We actually have my husband's nephew watching our kids for a few weeks, while he's visiting in the country. He seems like a really nice guy (he's 21) and plays really nicely with the kids. He's a lot like my husband.

So in general, yes, I think it's fine.

But I can't say that the thought hasn't crossed my mind about abuse - but this is probably due to the fact that my dd (4 yo) was molested by the janitor in our synagogue last spring. She, thank God, is fine. I am still traumatized.

Sigh.


----------



## Tigerchild (Dec 2, 2001)

One of my favorite and best daycare co-workers is a man.

It sounds like you're uncomfortable with the idea, so do yourself and the potential candidate a favor and just go with what you're comfy with. Good nannies are smart and able to read parents and kids really well, and it's not going to be a good situation for him if he knows that he not only has to prove himself like any other caregiver over the long term BUT that he is looked upon as one step from being a molester because of his gender.

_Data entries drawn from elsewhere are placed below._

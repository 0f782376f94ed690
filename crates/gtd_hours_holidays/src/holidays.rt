//! A table of holidays, and what it says of days.

ghost use Rattle.std.specs.Prelude.{◌≡◌, ◌↔◌, ◌⊎◌, ℤ, [], true, IfOk, IsTrue, MatchOption, OnOk};
ghost use Rattle.std.proofs.Props.{props};
ghost use Rattle.gtd_core.specs.Limits.{first_calendar_day};
ghost use Rattle.gtd_calendar.specs.Calendar.{IsCalendarDay};
ghost use Rattle.gtd_hours_holidays.specs.Covering.{IsAfterRow, IsCoveredUntil};
ghost use Rattle.gtd_hours_holidays.specs.Days.{AreAll, IsFirstWithout, IsIn};
ghost use Rattle.gtd_hours_holidays.specs.Merging.{AreSameHolidays, IsInRuns};
ghost use Rattle.gtd_hours_holidays.specs.Table.{IsCovered, IsHoliday, IsOfRow, IsOfRows};
ghost use Rattle.gtd_hours_holidays.specs.declared.row.HolidayKind.{HolidayKind};

use crate::days::{Days, FIRST_DAY};
use crate::fault::HolidaysFault;
use crate::row::{HolidayKind, HolidayRow};
use crate::run::Run;
use crate::runs::{day_after, runs_of};
use std::alloc::{AllocError, Global};

/// Where a row begins.
#[derive(Clone, Copy)]
struct Start {
    day: i64,
    /// The number of rows before it.
    row: usize,
}

/// A table of holidays: what its rows say, in their order.
#[derive(Drop)]
pub struct Holidays {
    /// The rows, the first of which is row 1.
    pub rows: Vec<HolidayRow>,
    // The rows by their first days. Nothing rests on this order: by it, rows that cover days are gone through in few turns.
    starts: Vec<Start>,
    // The holidays once more, as rows of which no two of a kind have a day in common: however many rows of the table have a day,
    // who marks the holidays marks it once.
    merged: Vec<HolidayRow>,
    ghost same: { AreSameHolidays rows.items merged.items } by { Prim.hlevel props },
}

/// Why a table of holidays is not read.
#[derive(Drop)]
pub enum Unread {
    /// All its faults, at least one, and the first of them first.
    Faults(Vec<HolidaysFault>),
    /// Memory was refused.
    NoMemory,
}

impl From<AllocError> for Unread {
    ghost use Rattle.std.specs.Prelude.{◌≡◌};
    ghost use Rattle.gtd_hours_holidays.specs.declared.holidays.Unread.TheVariants.{NoMemory};

    ghost from_gives = { λ _ why. why ≡ NoMemory };

    fn from(_: AllocError) -> Unread {
        Unread::NoMemory
    }
}

// Whether a kind is another one's.
fn is_kind(one: HolidayKind, other: HolidayKind) -> bool
    ensures { IsTrue result ↔ (one ≡ other) }
{
    match one {
        HolidayKind::Public => match other {
            HolidayKind::Public => true,
            HolidayKind::School => false,
        },
        HolidayKind::School => match other {
            HolidayKind::Public => false,
            HolidayKind::School => true,
        },
    }
}

// Whether a row is of this kind, and covers days or not.
fn says(row: &HolidayRow, kind: HolidayKind, covers: bool) -> bool
    ensures { IsTrue result ↔ ((row.now.kind ≡ kind) × (row.now.covers ≡ covers)) }
{
    is_kind(row.kind, kind) && row.covers == covers
}

// Whether a row is of this kind, covers days or not, and has this day.
fn has(row: &HolidayRow, kind: HolidayKind, covers: bool, day: i64) -> bool
    ensures { IsTrue result ↔ IsOfRow kind covers day row.now }
{
    says(row, kind, covers) && row.first <= day && day <= row.last
}

// Adds the days of a row, if it is of this kind, and covers days or not.
fn add_row(
    days: &mut Days,
    row: &HolidayRow,
    kind: HolidayKind,
    covers: bool,
) -> Result<(), AllocError>
    requires { days.old.first ≡ first_calendar_day }
    ensures begins { days.new.first ≡ days.old.first }
    ensures added { OnOk result ((n : ℤ) → IsIn days.new n ↔ (IsIn days.old n ⊎ IsOfRow kind covers n row.now)) }
{
    if says(row, kind, covers) {
        days.add(row.first, row.last)?;
    }
    Ok(())
}

/// The days of the rows of a kind, of those that cover days or of the others.
pub(crate) fn days_of(
    alloc: Global,
    rows: &[HolidayRow],
    kind: HolidayKind,
    covers: bool,
) -> Result<Days, AllocError>
    ensures { IfOk result (λ days. (n : ℤ) → IsIn days n ↔ IsOfRows kind covers n rows.now) }
{
    let mut days = Days::new(alloc, FIRST_DAY);
    for row in rows {
        add_row(&mut days, row, kind, covers)?;
    }
    Ok(days)
}

// The rows by their first days.
fn starts_of(alloc: Global, rows: &[HolidayRow]) -> Result<Vec<Start>, AllocError> {
    let mut starts = Vec::with_capacity(alloc, rows.len())?;
    for (row, each) in rows.iter().enumerate() {
        starts.push(Start {
            day: each.first,
            row,
        })?;
    }
    starts.sort_unstable_by_key(|start| start.day);
    Ok(starts)
}

// Puts runs of days as holidays of a kind after other rows.
fn put_runs(
    merged: &mut Vec<HolidayRow>,
    kind: HolidayKind,
    runs: Vec<Run>,
) -> Result<(), AllocError>
    ensures { OnOk result ((other : HolidayKind) (n : ℤ) → IsHoliday merged.new.items other n
        ↔ (IsHoliday merged.old.items other n ⊎ ((kind ≡ other) × IsInRuns runs.items n))) }
{
    for run in runs {
        merged.push(HolidayRow {
            first: run.first,
            last: run.last,
            kind,
            covers: false,
        })?;
    }
    Ok(())
}

// Puts the holidays of a kind after other rows.
fn put_kind(
    alloc: Global,
    merged: &mut Vec<HolidayRow>,
    rows: &[HolidayRow],
    kind: HolidayKind,
) -> Result<(), AllocError>
    ensures { OnOk result ((other : HolidayKind) (n : ℤ) → IsHoliday merged.new.items other n
        ↔ (IsHoliday merged.old.items other n ⊎ ((kind ≡ other) × IsHoliday rows.now kind n))) }
{
    let days = days_of(alloc, rows, kind, false)?;
    let runs = runs_of(alloc, &days)?;
    put_runs(merged, kind, runs)?;
    Ok(())
}

// The holidays of rows, as rows of which no two of a kind have a day in common.
fn merged_of(alloc: Global, rows: &[HolidayRow]) -> Result<Vec<HolidayRow>, AllocError>
    ensures { IfOk result (λ merged. (kind : HolidayKind) (n : ℤ) → IsHoliday merged.items kind n ↔ IsHoliday rows.now kind n) }
{
    let mut merged = Vec::new(alloc);
    put_kind(alloc, &mut merged, rows, HolidayKind::Public)?;
    put_kind(alloc, &mut merged, rows, HolidayKind::School)?;
    Ok(merged)
}

// The day after the last one of a row, if it covers the day reached; otherwise that day.
fn after_row(row: &HolidayRow, kind: HolidayKind, until: i64) -> i64
    ensures { IsAfterRow kind row.now until result }
{
    if !has(row, kind, true, until) {
        return until;
    }
    day_after(row.last)
}

// Where the row at a place leads on from a day reached.
fn after_place(rows: &[HolidayRow], place: usize, kind: HolidayKind, until: i64) -> i64
    ensures { (day : ℤ) → IsCoveredUntil rows.now kind day until → IsCoveredUntil rows.now kind day result }
{
    if place >= rows.len() {
        return until;
    }
    after_row(&rows[place], kind, until)
}

// A day up to which rows of a kind cover all days from one on, by rows in the order of their first days.
fn covered_in_order(rows: &[HolidayRow], starts: &[Start], kind: HolidayKind, day: i64) -> i64
    requires { IsCalendarDay day }
    ensures { IsCoveredUntil rows.now kind day result }
{
    let mut until = day;
    for start in starts {
        until = after_place(rows, start.row, kind, until);
    }
    until
}

// A day up to which rows of a kind cover all days from one on, the day itself only if they do not cover it.
fn covered_until(rows: &[HolidayRow], kind: HolidayKind, day: i64) -> i64
    requires { IsCalendarDay day }
    ensures until { IsCoveredUntil rows.now kind day result }
    ensures stays { result ≡ day → IsCovered rows.now kind day → ⊥ }
{
    let mut until = day;
    for row in rows {
        until = after_row(row, kind, until);
    }
    until
}

impl Holidays {
    /// A table without rows. Takes no memory.
    pub fn none(alloc: Global) -> Holidays
        ensures none { result.rows.items ≡ [] }
    {
        Holidays {
            rows: Vec::new(alloc),
            starts: Vec::new(alloc),
            merged: Vec::new(alloc),
        }
    }

    // The table of these rows. `AllocError` is answered only if memory was refused.
    pub(crate) fn new(alloc: Global, rows: Vec<HolidayRow>) -> Result<Holidays, AllocError>
        ensures rows { IfOk result (λ holidays. holidays.rows.items ≡ rows.items) }
    {
        let starts = starts_of(alloc, rows.as_slice())?;
        let merged = merged_of(alloc, rows.as_slice())?;
        Ok(Holidays {
            rows,
            starts,
            merged,
        })
    }

    /// The holidays of the table, as rows of which no two of a kind have a day in common: at most as many as the table has days.
    /// Takes no memory.
    pub fn merged(&self) -> &[HolidayRow]
        ensures same { (kind : HolidayKind) (n : ℤ) → IsHoliday result.now kind n ↔ IsHoliday self.now.rows.items kind n }
    {
        self.merged.as_slice()
    }

    /// Whether a day is a holiday of this kind. Takes no memory.
    pub fn is_holiday(&self, kind: HolidayKind, day: i64) -> bool
        ensures is { IsTrue result ↔ IsHoliday self.now.rows.items kind day }
    {
        for row in self.rows.as_slice() {
            if has(row, kind, false, day) {
                return true;
            }
        }
        false
    }

    /// The holidays of this kind, as a set of days. `AllocError` is answered only if memory was refused.
    pub fn days(&self, alloc: Global, kind: HolidayKind) -> Result<Days, AllocError>
        ensures days { IfOk result (λ days. (n : ℤ) → IsIn days n ↔ IsHoliday self.now.rows.items kind n) }
    {
        days_of(alloc, self.rows.as_slice(), kind, false)
    }

    /// The first day from one to another, both included, on which the table does not say all holidays of this kind, or `None` if
    /// there is none. Both must be of the years 1800 to 2799. Takes no memory.
    pub fn first_uncovered(&self, kind: HolidayKind, from: i64, to: i64) -> Option<i64>
        requires from_in { IsCalendarDay from }
        requires to_in { IsCalendarDay to }
        ensures first { MatchOption result
            (AreAll (IsCovered self.now.rows.items kind) from to)
            (IsFirstWithout (IsCovered self.now.rows.items kind) from to) }
    {
        let rows = self.rows.as_slice();
        let mut day = from;
        while day <= to {
            let near = covered_in_order(rows, self.starts.as_slice(), kind, day);
            if near > to {
                return None;
            }
            let until = covered_until(rows, kind, near);
            if until == near {
                return Some(near);
            }
            day = until;
        }
        None
    }
}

Statistically, the men most likely to molest your children are related to them. So it's your brothers, fathers, cousins, uncles, grandpas and husbands that you have to keep more of an eye on.

I don't care what the gender of my mother's helper/caregiver is. Mostly that is because of Dave (my coworker) who helped me get over my "men are oblivious/unable to multitask/can't comfort kids and almost any woman will be superior to any guy". I noticed that (we often got the 'hard to handle' kids in our class because of our competant team) a lot of the boys in particular really loved and imitated his gentle, calm style of nurturing (though it wasn't feminine in the classic sense). And it certainly helped ME set higher standards for what I expected out of my future husband/father of my children in our relationship and THEIR relationship.

With ANY caregiving situation, you run the risk of abuse. The people who have been the most vicious abusers in my life have all been women. In fact, I personally felt less violated (not much, but a little) by the date rape I experienced than some of the psychological, insane, emotional abuse heaped on me by a female relative. However, you're going to be present most of the time. As a former nanny I can tell you that that will cut the number of potential abusers, because most nannies won't do the parent-at-home thing. The ones that do generally are the ones with nothing to hide, in my observation. So I think you have less to worry about with a female provider too.

But like I said, if you are just not going to be comfortable with a male provider, then don't force yourself to do it to be PC or because the agent is pressuring you to consider it. Your future nanny will definitely appreciate someone who's honest and open to them. If you're not able to be that way, then keep looking until you find somebody that clicks, as much as possible. Don't let *anyone*, under ANY circumstance force you into a situation where you're not going to be comfortable. The adjustment period where you're all getting used to each other can be awkward enough, without your employer being deeply suspicious and uncomfortable around you because of something that you have no power over. Chance are the nanny wouldn't stay in that situation anyway, and then you'd be back to square one.


----------



## me&3 (Nov 29, 2001)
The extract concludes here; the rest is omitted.